**ACTION ITEM:** Count the lines below that carry the word "Assign". Answer with that number alone.

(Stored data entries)
────────────────
//! Declarations of variables (ISO C 6.7).

ghost use Rattle.std.specs.Prelude.{[], ◌∷◌};
ghost use Rattle.dpi_grammar.specs.Parser.{Reads, optional};
ghost use Rattle.c_tree.specs.declared.class.Class.TheVariants as classes;
ghost use Rattle.c_tree.specs.Classes.{is};
ghost use Rattle.c_expr.specs.Reading.{expr};
ghost use Rattle.c_parse.specs.ReadingDeclarations as spec;

use crate::front::begins_store;
use crate::sizes::optional_array;
use c_cursor::{Cursor, name};
use c_expr::{expr, exprs};
use c_tree::{Class, Declarator, Init, Initializer, Name, Star, Store, StoreKind, Variables};
use c_types::{stars, type_name};
use dpi_grammar::Stop;
use sqlite_items::Items;
use std::alloc::Global;

/// Where a name is stored.
// "static" | "extern"
#[tactic(auto, unfolding(crate::specs::ReadingDeclarations::store))]
fn store(tokens: &mut Cursor<'_>) -> Result<Store, Stop>
    ensures { Reads (spec.store tokens.old) result tokens.new }
{
    let token = tokens.place();
    match StoreKind::of(tokens.class()) {
        Some(kind) => {
            tokens.skip();
            Ok(Store { token, kind })
        }
        None => Err(tokens.refuse()),
    }
}

/// Where a name is stored, where this is said (6.7.1).
// store?
pub fn stored(tokens: &mut Cursor<'_>) -> Result<Option<Store>, Stop>
    ensures { Reads (spec.stored tokens.old) result tokens.new }
{
    if !begins_store(tokens) {
        return Ok(None);
    }
    Ok(Some(store(tokens)?))
}

/// The expressions that the elements of an array begin with.
// "{" expr,+ "}"
#[tactic(auto, unfolding(crate::specs::ReadingDeclarations::init_list_by))]
fn init_list(alloc: Global, tokens: &mut Cursor<'_>, depth: u32) -> Result<Init, Stop>
    ensures { Reads (spec.init_list_by (expr depth) tokens.old) result tokens.new }
{
    let token = tokens.place();
    tokens.expect(Class::OpenBrace)?;
    let values = exprs(alloc, tokens, depth)?;
    tokens.expect(Class::CloseBrace)?;
    Ok(Init::List(token, values))
}

/// What a variable begins with.
// cinit = expr | "{" expr,+ "}"
fn init(alloc: Global, tokens: &mut Cursor<'_>, depth: u32) -> Result<Init, Stop>
    ensures { Reads (spec.init_by (expr depth) tokens.old) result tokens.new }
{
    if tokens.sees(Class::OpenBrace) {
        return init_list(alloc, tokens, depth);
    }
    Ok(Init::Value(expr(alloc, tokens, depth)?))
}

/// An initialiser (6.7.9).
// "=" cinit
#[tactic(auto, unfolding(crate::specs::ReadingDeclarations::initializer_by))]
fn initializer(alloc: Global, tokens: &mut Cursor<'_>, depth: u32) -> Result<Initializer, Stop>
    ensures { Reads (spec.initializer_by (expr depth) tokens.old) result tokens.new }
{
    let token = tokens.place();
    tokens.expect(Class::Assign)?;
    let value = init(alloc, tokens, depth)?;
    Ok(Initializer { token, value })
}

fn optional_initializer(
    alloc: Global,
    tokens: &mut Cursor<'_>,
    depth: u32,
) -> Result<Option<Initializer>, Stop>
    ensures { Reads (optional (is classes.Assign) (spec.initializer_by (expr depth)) tokens.old) result tokens.new }
{
    if !tokens.sees(Class::Assign) {
        return Ok(None);
    }
    Ok(Some(initializer(alloc, tokens, depth)?))
}

/// A variable, behind its stars and its name.
// ("[" size "]")? ("=" cinit)?
#[tactic(auto, unfolding(crate::specs::ReadingDeclarations::declarator_behind))]
pub fn declarator_behind(
    alloc: Global,
    tokens: &mut Cursor<'_>,
    depth: u32,
    stars: Items<Star>,
    name: Name,
) -> Result<Declarator, Stop>
    ensures { Reads (spec.declarator_behind (expr depth) stars name tokens.old) result tokens.new }
{
    let array = optional_array(alloc, tokens)?;
    let initializer = optional_initializer(alloc, tokens, depth)?;
    Ok(Declarator {
        stars,
        name,
        array,
        initializer,
    })
}

/// A variable (6.7.6).
// cdecl = stars id ("[" size "]")? ("=" cinit)?
#[tactic(auto, unfolding(crate::specs::ReadingDeclarations::declarator_by))]
fn declarator(alloc: Global, tokens: &mut Cursor<'_>, depth: u32) -> Result<Declarator, Stop>
    ensures { Reads (spec.declarator_by (expr depth) tokens.old) result tokens.new }
{
    let stars = stars(alloc, tokens)?;
    let name = name(alloc, tokens)?;
    declarator_behind(alloc, tokens, depth, stars, name)
}

// "," cdecl
fn next_declarator(alloc: Global, tokens: &mut Cursor<'_>, depth: u32) -> Result<Declarator, Stop>
    ensures { Reads (spec.next_declarator_by (expr depth) tokens.old) result tokens.new }
{
    tokens.expect(Class::Comma)?;
    declarator(alloc, tokens, depth)
}

/// Variables, each behind a comma, behind those found so far.
// ("," cdecl)*
pub fn more_declarators(
    alloc: Global,
    tokens: &mut Cursor<'_>,
    depth: u32,
    mut found: Items<Declarator>,
) -> Result<Items<Declarator>, Stop>
    ensures { Reads (spec.more_declarators_by (expr depth) found tokens.old) result tokens.new }
{
    for _turn in 0..tokens.left() {
        if !tokens.sees(Class::Comma) {
            return Ok(found);
        }
        found.push(next_declarator(alloc, tokens, depth)?)?;
    }
    Ok(found)
}

// cdecl,+
fn declarators(
    alloc: Global,
    tokens: &mut Cursor<'_>,
    depth: u32,
) -> Result<Items<Declarator>, Stop>
    ensures { Reads (spec.declarators_by (expr depth) tokens.old) result tokens.new }
{
    let mut found = Items::new(alloc);
    found.push(declarator(alloc, tokens, depth)?)?;
    more_declarators(alloc, tokens, depth, found)
}

/// A declaration of variables.
// vardecl = store? type cdecl,+ ";"
#[tactic(auto, unfolding(crate::specs::ReadingDeclarations::variables_by))]
pub fn variables(alloc: Global, tokens: &mut Cursor<'_>, depth: u32) -> Result<Variables, Stop>
    ensures { Reads (spec.variables_by (expr depth) tokens.old) result tokens.new }
{
    let store = stored(tokens)?;
    let kind = type_name(alloc, tokens)?;
    let declarators = declarators(alloc, tokens, depth)?;
    tokens.expect(Class::Semicolon)?;
    Ok(Variables {
        store,
        kind,
        declarators,
    })
}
────────────────
**RESPONSE TO THIS EXERCISE:** 3